Directions for this task → Write out the entries below exactly, from the first line to the one with "put_hex(alloc, out, &point.x)?;", both ends included.

━━ Data supplied

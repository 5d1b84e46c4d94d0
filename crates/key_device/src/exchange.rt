// A question with its answer.
use crate::{Ask, Told};

/// A question to a key device, with what the device told.
#[derive(Drop)]
pub struct Exchange {
    /// The question.
    pub ask: Ask,
    /// What was told.
    pub told: Told,
}
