// The text of a tape file.
ghost use Rattle.std.specs.Prelude.{◌≡◌, ◌++◌, OnOk, IfOk, codes, decimal};
ghost use Rattle.hex.specs.Hex.{encode_lower};
ghost use Rattle.key_device.specs.TapeText.{point_text, message_text, ask_text, told_text, line_text, tape_text};

use crate::{Ask, Exchange, Point, Told};
use mdoc_outside::Memory;
use std::alloc::Global;

fn put(out: &mut Vec<u8>, text: &[u8]) -> Result<(), Memory>
    ensures { OnOk result (out.new.items ≡ out.old.items ++ text.now) }
{
    out.extend_from_slice(text)?;
    Ok(())
}

fn put_number(alloc: Global, out: &mut Vec<u8>, number: u32) -> Result<(), Memory>
    ensures { OnOk result (out.new.items ≡ out.old.items ++ decimal number) }
{
    let text = format!(in alloc; "{number}")?;
    put(out, text.as_bytes())
}

fn put_hex(alloc: Global, out: &mut Vec<u8>, bytes: &[u8]) -> Result<(), Memory>
    ensures { OnOk result (out.new.items ≡ out.old.items ++ encode_lower bytes.now) }
{
    let text = hex::encode(alloc, bytes)?;
    put(out, text.as_bytes())
}

#[tactic(auto, using(crate::proofs::TapeTextLemmas::three))]
fn put_point(alloc: Global, out: &mut Vec<u8>, point: &Point) -> Result<(), Memory>
    ensures { OnOk result (out.new.items ≡ out.old.items ++ point_text point.now) }
{
    put_hex(alloc, out, &point.x)?;
    put(out, b" ")?;
    put_hex(alloc, out, &point.y)
}

fn put_message(alloc: Global, out: &mut Vec<u8>, message: &[u8]) -> Result<(), Memory>
    ensures { OnOk result (out.new.items ≡ out.old.items ++ message_text message.now) }
{
    match message {
        [] => put(out, b"-"),
        _ => put_hex(alloc, out, message),
    }
}

#[tactic(auto, using(crate::proofs::TapeTextLemmas::four))]
fn put_agree(alloc: Global, out: &mut Vec<u8>, key: u32, peer: &Point) -> Result<(), Memory>
    ensures { OnOk result (out.new.items
        ≡ out.old.items ++ (codes "agree " ++ decimal key ++ codes " " ++ point_text peer.now)) }
{
    put(out, b"agree ")?;
    put_number(alloc, out, key)?;
    put(out, b" ")?;
    put_point(alloc, out, peer)
}

#[tactic(auto, using(crate::proofs::TapeTextLemmas::four))]
fn put_sign(alloc: Global, out: &mut Vec<u8>, key: u32, message: &[u8]) -> Result<(), Memory>
    ensures { OnOk result (out.new.items
        ≡ out.old.items ++ (codes "sign " ++ decimal key ++ codes " " ++ message_text message.now)) }
{
    put(out, b"sign ")?;
    put_number(alloc, out, key)?;
    put(out, b" ")?;
    put_message(alloc, out, message)
}

#[tactic(auto, using(crate::proofs::TapeTextLemmas::six))]
fn put_verify(
    alloc: Global,
    out: &mut Vec<u8>,
    public: &Point,
    message: &[u8],
    signature: &[u8; 64],
) -> Result<(), Memory>
    ensures { OnOk result (out.new.items ≡ out.old.items
        ++ (codes "verify " ++ point_text public.now ++ codes " " ++ message_text message.now
        ++ codes " " ++ encode_lower signature.now)) }
{
    put(out, b"verify ")?;
    put_point(alloc, out, public)?;
    put(out, b" ")?;
    put_message(alloc, out, message)?;
    put(out, b" ")?;
    put_hex(alloc, out, signature)
}

fn put_ask(alloc: Global, out: &mut Vec<u8>, ask: &Ask) -> Result<(), Memory>
    ensures { OnOk result (out.new.items ≡ out.old.items ++ ask_text ask.now) }
{
    match ask {
        Ask::Fresh => put(out, b"fresh"),
        Ask::Agree(key, peer) => put_agree(alloc, out, *key, peer),
        Ask::Sign(key, message) => put_sign(alloc, out, *key, message.as_slice()),
        Ask::Verify(public, message, signature) => {
            put_verify(alloc, out, public, message.as_slice(), signature)
        }
    }
}

#[tactic(auto, using(crate::proofs::TapeTextLemmas::three))]
fn put_made(alloc: Global, out: &mut Vec<u8>, key: u32, public: &Point) -> Result<(), Memory>
    ensures { OnOk result (out.new.items
        ≡ out.old.items ++ (decimal key ++ codes " " ++ point_text public.now)) }
{
    put_number(alloc, out, key)?;
    put(out, b" ")?;
    put_point(alloc, out, public)
}

fn put_told(alloc: Global, out: &mut Vec<u8>, told: &Told) -> Result<(), Memory>
    ensures { OnOk result (out.new.items ≡ out.old.items ++ told_text told.now) }
{
    match told {
        Told::Made(made) => put_made(alloc, out, made.key, &made.public),
        Told::Secret(secret) => put_hex(alloc, out, secret),
        Told::Refused => put(out, b"refused"),
        Told::Signature(signature) => put_hex(alloc, out, signature),
        Told::Yes => put(out, b"yes"),
        Told::No => put(out, b"no"),
        Told::Failed => put(out, b"failed"),
    }
}

#[tactic(auto, using(crate::proofs::TapeTextLemmas::line), unfolding(crate::specs::TapeText::line_text))]
fn put_line(alloc: Global, out: &mut Vec<u8>, exchange: &Exchange) -> Result<(), Memory>
    ensures { OnOk result (out.new.items
        ≡ out.old.items ++ (line_text exchange.now ++ codes "\n")) }
{
    put_ask(alloc, out, &exchange.ask)?;
    put(out, b" -> ")?;
    put_told(alloc, out, &exchange.told)?;
    put(out, b"\n")
}

/// The text of a tape file that says the exchanges.
#[tactic(auto, using(crate::proofs::TapeTextLemmas::line_more))]
pub(crate) fn tape_text(alloc: Global, exchanges: &[Exchange]) -> Result<Vec<u8>, Memory>
    ensures { IfOk result (λ text. text.items ≡ tape_text exchanges.now) }
{
    let mut text = Vec::new(alloc);
    for exchange in exchanges {
        put_line(alloc, &mut text, exchange)?;
    }
    Ok(text)
}
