//! The place of a released item.

use mdoc_outside::Octets;

/// The place of an item that was released: the place of its document in the store, of which the copy that is shown is
/// meant, and the item's namespace and name, each as UTF-8.
#[derive(Drop)]
pub struct ReleasedAt {
    /// The place of the document, from 0.
    pub document: usize,
    /// The namespace.
    pub ns: Octets,
    /// The element identifier.
    pub name: Octets,
}
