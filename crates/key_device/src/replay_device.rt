// A device that answers from a tape.
ghost use Rattle.std.specs.Prelude.{◌≡◌, true};
ghost use Rattle.std.specs.List.{list_all};
ghost use Rattle.key_device.specs.Tape.{is_exchange};

use crate::question::{Question, is_question};
use crate::tape_file::read_exchanges;
use crate::{DeviceFault, Exchange, KeyDevice, Made, Point, TapeFault, Told};
use std::alloc::Global;
use std::collections::VecDeque;

/// A key device that answers from a tape: a question that equals the next recorded one gets the
/// recorded answer. A question that differs, and one after the end, fail and leave the place on
/// the tape. It wants no memory to answer.
#[derive(Drop)]
pub struct ReplayDevice {
    tape: VecDeque<Exchange>,
    faults: u64,
    ghost exchanges: { list_all is_exchange tape.items ≡ true },
}

impl ReplayDevice {
    ghost use Rattle.std.specs.Prelude.{◌≤◌, MatchResult, IfOk};
    ghost use Rattle.key_device.specs.Question.{asked};
    ghost use Rattle.key_device.specs.ReplayDevice.{tape_left, fault_count};
    ghost use Rattle.key_device.specs.TapeFile.{tape_of, Refuses};
    ghost use Rattle.key_device.specs.Tape.{answer_of, tape_after, is_answer, count_after, is_next, front_told, behind_front};

    /// A device at the front of the tape that a tape file says. It refuses exactly a file with a
    /// line outside the grammar, by the number of the first such line.
    pub fn read(alloc: Global, tape: &[u8]) -> Result<ReplayDevice, TapeFault>
        ensures read { MatchResult result
            (λ device. tape_of tape.now ≡ Ok (tape_left device)) (Refuses (tape_of tape.now)) }
        ensures faults { IfOk result (λ device. fault_count device ≡ 0) }
    {
        match read_exchanges(alloc, tape) {
            Ok(tape) => Ok(ReplayDevice { tape, faults: 0 }),
            Err(TapeFault::Line(number)) => Err(TapeFault::Line(number)),
            Err(TapeFault::Memory) => Err(TapeFault::Memory),
        }
    }

    // Whether the question is the next one on the tape.
    fn is_next(&self, question: &Question<'_>) -> bool
        ensures { result ≡ is_next (tape_left self.now) (asked question.now) }
    {
        match self.tape.front() {
            Some(next) => is_question(&next.ask, question),
            None => false,
        }
    }

    // Goes past the next exchange.
    fn advance(&mut self) -> Told
        ensures told { result ≡ front_told (tape_left self.old) }
        ensures left { tape_left self.new ≡ behind_front (tape_left self.old) }
        ensures faults { fault_count self.new ≡ fault_count self.old }
    {
        match self.tape.pop_front() {
            Some(next) => next.told,
            None => Told::Failed,
        }
    }

    // What the tape answers.
    fn answer(&mut self, question: &Question<'_>) -> Told
        ensures told { result ≡ answer_of (tape_left self.old) (asked question.now) }
        ensures left { tape_left self.new ≡ tape_after (tape_left self.old) (asked question.now) }
        ensures answer { is_answer (asked question.now) result ≡ true }
        ensures faults { fault_count self.new ≡ count_after result (fault_count self.old) }
        ensures later { fault_count self.old ≤ fault_count self.new }
    {
        let told = if self.is_next(question) {
            self.advance()
        } else {
            Told::Failed
        };
        if let Told::Failed = told {
            self.faults = self.faults.saturating_add(1);
        }
        told
    }
}

impl KeyDevice for ReplayDevice {
    ghost use Rattle.key_device.specs.ReplayDevice.{Replays, fault_count};

    ghost gives = { Replays };

    ghost unasked = { λ _ _. ⊥ };

    ghost faults = { λ d. fault_count d };

    fn fresh(&mut self) -> Result<Made, DeviceFault> {
        match self.answer(&Question::Fresh) {
            Told::Made(made) => Ok(made),
            Told::Failed => Err(DeviceFault::Failed),
            _ => unreachable!(),
        }
    }

    fn agree(&mut self, key: u32, peer: &Point) -> Result<Option<[u8; 32]>, DeviceFault> {
        match self.answer(&Question::Agree(key, peer)) {
            Told::Secret(secret) => Ok(Some(secret)),
            Told::Refused => Ok(None),
            Told::Failed => Err(DeviceFault::Failed),
            _ => unreachable!(),
        }
    }

    fn sign(&mut self, key: u32, message: &[u8]) -> Result<[u8; 64], DeviceFault> {
        match self.answer(&Question::Sign(key, message)) {
            Told::Signature(signature) => Ok(signature),
            Told::Failed => Err(DeviceFault::Failed),
            _ => unreachable!(),
        }
    }

    fn verify(
        &mut self,
        public: &Point,
        message: &[u8],
        signature: &[u8; 64],
    ) -> Result<bool, DeviceFault> {
        match self.answer(&Question::Verify(public, message, signature)) {
            Told::Yes => Ok(true),
            Told::No => Ok(false),
            Told::Failed => Err(DeviceFault::Failed),
            _ => unreachable!(),
        }
    }
}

━━━━

Task output →
repository 5d1b84e46c4d94d0
filename crates/key_device/src/exchange.rt
// A question with its answer.
use crate::{Ask, Told};

/// A question to a key device, with what the device told.
#[derive(Drop)]
pub struct Exchange {
    /// The question.
    pub ask: Ask,
    /// What was told.
    pub told: Told,
}
// The text of a tape file.
ghost use Rattle.std.specs.Prelude.{◌≡◌, ◌++◌, OnOk, IfOk, codes, decimal};
ghost use Rattle.hex.specs.Hex.{encode_lower};
ghost use Rattle.key_device.specs.TapeText.{point_text, message_text, ask_text, told_text, line_text, tape_text};

use crate::{Ask, Exchange, Point, Told};
use mdoc_outside::Memory;
use std::alloc::Global;

fn put(out: &mut Vec<u8>, text: &[u8]) -> Result<(), Memory>
    ensures { OnOk result (out.new.items ≡ out.old.items ++ text.now) }
{
    out.extend_from_slice(text)?;
    Ok(())
}

fn put_number(alloc: Global, out: &mut Vec<u8>, number: u32) -> Result<(), Memory>
    ensures { OnOk result (out.new.items ≡ out.old.items ++ decimal number) }
{
    let text = format!(in alloc; "{number}")?;
    put(out, text.as_bytes())
}

fn put_hex(alloc: Global, out: &mut Vec<u8>, bytes: &[u8]) -> Result<(), Memory>
    ensures { OnOk result (out.new.items ≡ out.old.items ++ encode_lower bytes.now) }
{
    let text = hex::encode(alloc, bytes)?;
    put(out, text.as_bytes())
}

#[tactic(auto, using(crate::proofs::TapeTextLemmas::three))]
fn put_point(alloc: Global, out: &mut Vec<u8>, point: &Point) -> Result<(), Memory>
    ensures { OnOk result (out.new.items ≡ out.old.items ++ point_text point.now) }
{
    put_hex(alloc, out, &point.x)?;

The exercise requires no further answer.